| RECORDS PROVIDED |
———

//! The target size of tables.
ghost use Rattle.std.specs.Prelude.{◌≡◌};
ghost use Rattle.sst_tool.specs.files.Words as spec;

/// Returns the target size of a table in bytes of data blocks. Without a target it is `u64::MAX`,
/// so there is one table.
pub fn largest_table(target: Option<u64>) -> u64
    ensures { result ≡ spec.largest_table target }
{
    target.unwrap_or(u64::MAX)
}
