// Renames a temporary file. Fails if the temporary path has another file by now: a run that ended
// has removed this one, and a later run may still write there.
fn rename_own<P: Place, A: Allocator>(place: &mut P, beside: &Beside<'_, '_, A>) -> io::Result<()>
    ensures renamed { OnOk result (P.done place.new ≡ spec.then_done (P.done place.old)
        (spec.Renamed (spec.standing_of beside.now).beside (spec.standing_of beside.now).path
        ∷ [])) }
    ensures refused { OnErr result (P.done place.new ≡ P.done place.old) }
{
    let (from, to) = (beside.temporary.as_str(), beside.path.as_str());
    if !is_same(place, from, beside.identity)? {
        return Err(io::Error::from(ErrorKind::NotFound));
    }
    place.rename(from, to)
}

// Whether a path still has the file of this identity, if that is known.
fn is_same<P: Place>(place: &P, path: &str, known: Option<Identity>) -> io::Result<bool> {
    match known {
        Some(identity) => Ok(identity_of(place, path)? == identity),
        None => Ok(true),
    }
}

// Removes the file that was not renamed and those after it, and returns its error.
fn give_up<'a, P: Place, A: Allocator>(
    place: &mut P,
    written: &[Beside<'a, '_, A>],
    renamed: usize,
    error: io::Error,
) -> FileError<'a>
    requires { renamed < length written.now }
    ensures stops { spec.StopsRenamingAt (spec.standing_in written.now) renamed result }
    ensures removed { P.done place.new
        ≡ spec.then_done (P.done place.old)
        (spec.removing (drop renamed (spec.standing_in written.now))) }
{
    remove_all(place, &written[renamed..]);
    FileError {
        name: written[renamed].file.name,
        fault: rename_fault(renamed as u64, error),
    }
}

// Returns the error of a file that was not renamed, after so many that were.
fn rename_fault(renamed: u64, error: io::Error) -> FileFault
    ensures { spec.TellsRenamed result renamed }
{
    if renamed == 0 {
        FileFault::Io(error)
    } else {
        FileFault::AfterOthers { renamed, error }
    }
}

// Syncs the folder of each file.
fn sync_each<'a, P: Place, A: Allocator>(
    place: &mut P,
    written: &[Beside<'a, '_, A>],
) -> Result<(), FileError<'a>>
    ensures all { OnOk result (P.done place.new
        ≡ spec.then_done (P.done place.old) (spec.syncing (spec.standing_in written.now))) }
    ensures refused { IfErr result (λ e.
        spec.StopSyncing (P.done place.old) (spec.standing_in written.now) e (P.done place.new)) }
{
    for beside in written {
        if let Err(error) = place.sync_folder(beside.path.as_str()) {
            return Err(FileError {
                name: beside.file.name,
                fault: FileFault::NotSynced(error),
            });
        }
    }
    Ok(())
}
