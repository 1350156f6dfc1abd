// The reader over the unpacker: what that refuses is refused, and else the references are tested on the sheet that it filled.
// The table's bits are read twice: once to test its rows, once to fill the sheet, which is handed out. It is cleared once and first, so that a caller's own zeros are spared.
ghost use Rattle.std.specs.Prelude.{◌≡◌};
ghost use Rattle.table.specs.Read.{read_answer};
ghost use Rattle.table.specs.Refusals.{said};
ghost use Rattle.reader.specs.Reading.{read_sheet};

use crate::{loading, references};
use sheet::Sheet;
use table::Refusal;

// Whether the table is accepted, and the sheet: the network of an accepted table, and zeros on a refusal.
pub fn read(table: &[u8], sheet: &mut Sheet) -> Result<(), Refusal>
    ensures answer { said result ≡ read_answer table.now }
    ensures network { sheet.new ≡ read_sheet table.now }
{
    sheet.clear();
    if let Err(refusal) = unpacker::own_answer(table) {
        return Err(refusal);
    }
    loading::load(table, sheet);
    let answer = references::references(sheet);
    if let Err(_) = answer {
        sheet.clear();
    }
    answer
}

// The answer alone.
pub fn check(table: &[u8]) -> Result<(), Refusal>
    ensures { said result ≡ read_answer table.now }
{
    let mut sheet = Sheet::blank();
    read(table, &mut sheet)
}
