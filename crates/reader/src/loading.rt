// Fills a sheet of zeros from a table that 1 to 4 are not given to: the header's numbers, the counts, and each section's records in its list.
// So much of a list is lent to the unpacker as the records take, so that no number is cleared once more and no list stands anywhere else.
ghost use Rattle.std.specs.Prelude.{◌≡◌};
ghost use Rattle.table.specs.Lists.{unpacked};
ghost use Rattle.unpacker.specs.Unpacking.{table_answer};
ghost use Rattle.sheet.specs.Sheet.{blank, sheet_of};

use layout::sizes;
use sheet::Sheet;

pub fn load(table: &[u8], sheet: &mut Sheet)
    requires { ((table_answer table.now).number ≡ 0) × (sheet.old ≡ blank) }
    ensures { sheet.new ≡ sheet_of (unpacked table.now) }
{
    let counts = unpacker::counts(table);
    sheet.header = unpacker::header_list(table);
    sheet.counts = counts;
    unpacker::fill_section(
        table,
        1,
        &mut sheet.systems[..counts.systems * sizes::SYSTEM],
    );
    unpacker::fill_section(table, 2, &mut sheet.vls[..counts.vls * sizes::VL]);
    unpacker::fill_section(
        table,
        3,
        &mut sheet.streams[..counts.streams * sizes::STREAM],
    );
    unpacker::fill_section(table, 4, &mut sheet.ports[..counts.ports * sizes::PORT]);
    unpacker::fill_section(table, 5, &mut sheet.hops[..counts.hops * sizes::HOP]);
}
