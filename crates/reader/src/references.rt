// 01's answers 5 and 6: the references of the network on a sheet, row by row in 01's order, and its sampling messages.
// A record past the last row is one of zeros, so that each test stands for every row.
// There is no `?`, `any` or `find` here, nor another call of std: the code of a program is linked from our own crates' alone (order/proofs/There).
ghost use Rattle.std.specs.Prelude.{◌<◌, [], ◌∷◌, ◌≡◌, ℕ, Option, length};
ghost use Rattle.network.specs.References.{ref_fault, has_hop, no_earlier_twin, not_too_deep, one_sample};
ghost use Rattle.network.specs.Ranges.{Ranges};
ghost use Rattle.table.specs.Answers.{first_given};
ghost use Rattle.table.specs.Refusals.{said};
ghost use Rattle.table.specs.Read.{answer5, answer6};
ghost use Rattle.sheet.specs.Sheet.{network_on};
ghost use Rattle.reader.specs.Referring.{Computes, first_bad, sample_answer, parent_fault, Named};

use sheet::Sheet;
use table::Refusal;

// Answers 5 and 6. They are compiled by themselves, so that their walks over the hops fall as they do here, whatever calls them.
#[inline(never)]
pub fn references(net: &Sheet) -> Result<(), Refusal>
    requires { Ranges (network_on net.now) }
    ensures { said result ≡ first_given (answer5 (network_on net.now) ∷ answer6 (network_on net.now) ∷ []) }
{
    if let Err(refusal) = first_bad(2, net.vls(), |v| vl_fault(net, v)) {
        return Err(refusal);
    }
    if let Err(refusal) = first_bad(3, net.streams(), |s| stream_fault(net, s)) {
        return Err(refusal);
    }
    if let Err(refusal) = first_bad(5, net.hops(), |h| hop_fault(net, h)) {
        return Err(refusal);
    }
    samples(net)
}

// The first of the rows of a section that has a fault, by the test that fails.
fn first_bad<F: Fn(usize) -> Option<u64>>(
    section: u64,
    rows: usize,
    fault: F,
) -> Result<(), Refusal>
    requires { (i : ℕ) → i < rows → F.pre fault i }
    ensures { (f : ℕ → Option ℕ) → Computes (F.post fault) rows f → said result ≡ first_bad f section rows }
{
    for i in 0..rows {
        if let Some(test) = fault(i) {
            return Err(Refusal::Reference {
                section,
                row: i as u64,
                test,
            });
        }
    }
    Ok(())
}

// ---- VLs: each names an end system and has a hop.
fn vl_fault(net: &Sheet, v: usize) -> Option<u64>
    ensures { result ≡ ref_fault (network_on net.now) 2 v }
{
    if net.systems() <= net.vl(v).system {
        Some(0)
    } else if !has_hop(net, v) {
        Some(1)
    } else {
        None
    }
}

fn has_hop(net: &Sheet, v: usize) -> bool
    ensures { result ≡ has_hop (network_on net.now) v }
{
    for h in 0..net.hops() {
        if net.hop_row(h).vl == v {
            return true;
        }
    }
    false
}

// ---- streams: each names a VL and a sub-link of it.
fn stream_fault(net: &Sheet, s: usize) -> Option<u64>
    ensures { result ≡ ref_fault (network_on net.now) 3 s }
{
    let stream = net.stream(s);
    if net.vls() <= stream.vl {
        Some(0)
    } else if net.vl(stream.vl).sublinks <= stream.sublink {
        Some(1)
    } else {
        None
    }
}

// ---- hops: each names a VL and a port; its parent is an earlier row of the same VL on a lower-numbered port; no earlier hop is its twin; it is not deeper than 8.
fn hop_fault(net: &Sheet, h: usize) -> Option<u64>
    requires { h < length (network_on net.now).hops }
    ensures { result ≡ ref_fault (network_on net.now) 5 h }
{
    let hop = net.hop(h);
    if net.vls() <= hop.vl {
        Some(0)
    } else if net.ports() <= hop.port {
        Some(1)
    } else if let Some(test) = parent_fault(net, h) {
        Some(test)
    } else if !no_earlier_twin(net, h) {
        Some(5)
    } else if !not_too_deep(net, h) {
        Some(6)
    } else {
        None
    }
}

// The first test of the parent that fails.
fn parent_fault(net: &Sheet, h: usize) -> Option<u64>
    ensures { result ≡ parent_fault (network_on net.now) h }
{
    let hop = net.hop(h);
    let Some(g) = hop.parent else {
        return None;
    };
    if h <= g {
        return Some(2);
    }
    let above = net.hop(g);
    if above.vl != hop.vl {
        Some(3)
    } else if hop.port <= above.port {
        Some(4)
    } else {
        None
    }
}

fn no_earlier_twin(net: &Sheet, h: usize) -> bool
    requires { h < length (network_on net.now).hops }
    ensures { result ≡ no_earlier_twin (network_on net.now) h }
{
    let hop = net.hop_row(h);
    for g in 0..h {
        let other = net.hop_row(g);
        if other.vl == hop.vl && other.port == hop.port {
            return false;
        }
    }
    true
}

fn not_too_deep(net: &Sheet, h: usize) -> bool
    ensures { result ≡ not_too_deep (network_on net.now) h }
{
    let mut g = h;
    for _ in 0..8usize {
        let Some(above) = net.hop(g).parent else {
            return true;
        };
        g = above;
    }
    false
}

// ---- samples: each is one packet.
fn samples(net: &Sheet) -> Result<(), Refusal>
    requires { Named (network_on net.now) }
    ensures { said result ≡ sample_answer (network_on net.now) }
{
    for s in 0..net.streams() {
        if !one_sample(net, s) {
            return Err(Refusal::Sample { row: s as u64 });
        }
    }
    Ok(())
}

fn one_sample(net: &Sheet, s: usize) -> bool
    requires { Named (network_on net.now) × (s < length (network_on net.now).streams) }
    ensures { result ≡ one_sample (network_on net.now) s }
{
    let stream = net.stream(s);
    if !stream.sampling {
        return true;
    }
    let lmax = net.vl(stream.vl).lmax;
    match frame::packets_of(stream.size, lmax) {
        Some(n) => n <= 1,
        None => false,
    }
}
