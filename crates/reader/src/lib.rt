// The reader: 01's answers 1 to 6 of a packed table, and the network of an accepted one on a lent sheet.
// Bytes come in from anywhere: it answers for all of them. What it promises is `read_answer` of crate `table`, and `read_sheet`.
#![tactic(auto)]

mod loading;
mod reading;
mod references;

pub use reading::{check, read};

———

| WORK ORDER |
Everything from the line containing "for s in 0..net.streams()" through the final line above must be copied exactly, with both ends kept.

| ANSWER TO THIS PROBLEM |
    for s in 0..net.streams() {
        if !one_sample(net, s) {
            return Err(Refusal::Sample { row: s as u64 });
        }
    }
    Ok(())
}

fn one_sample(net: &Sheet, s: usize) -> bool
    requires { Named (network_on net.now) × (s < length (network_on net.now).streams) }
    ensures { result ≡ one_sample (network_on net.now) s }
{
    let stream = net.stream(s);
    if !stream.sampling {
        return true;
    }
    let lmax = net.vl(stream.vl).lmax;
    match frame::packets_of(stream.size, lmax) {
        Some(n) => n <= 1,
        None => false,
    }
}
filename crates/reader/src/lib.rt
// The reader: 01's answers 1 to 6 of a packed table, and the network of an accepted one on a lent sheet.
// Bytes come in from anywhere: it answers for all of them. What it promises is `read_answer` of crate `table`, and `read_sheet`.
#![tactic(auto)]

mod loading;
mod reading;
mod references;

pub use reading::{check, read};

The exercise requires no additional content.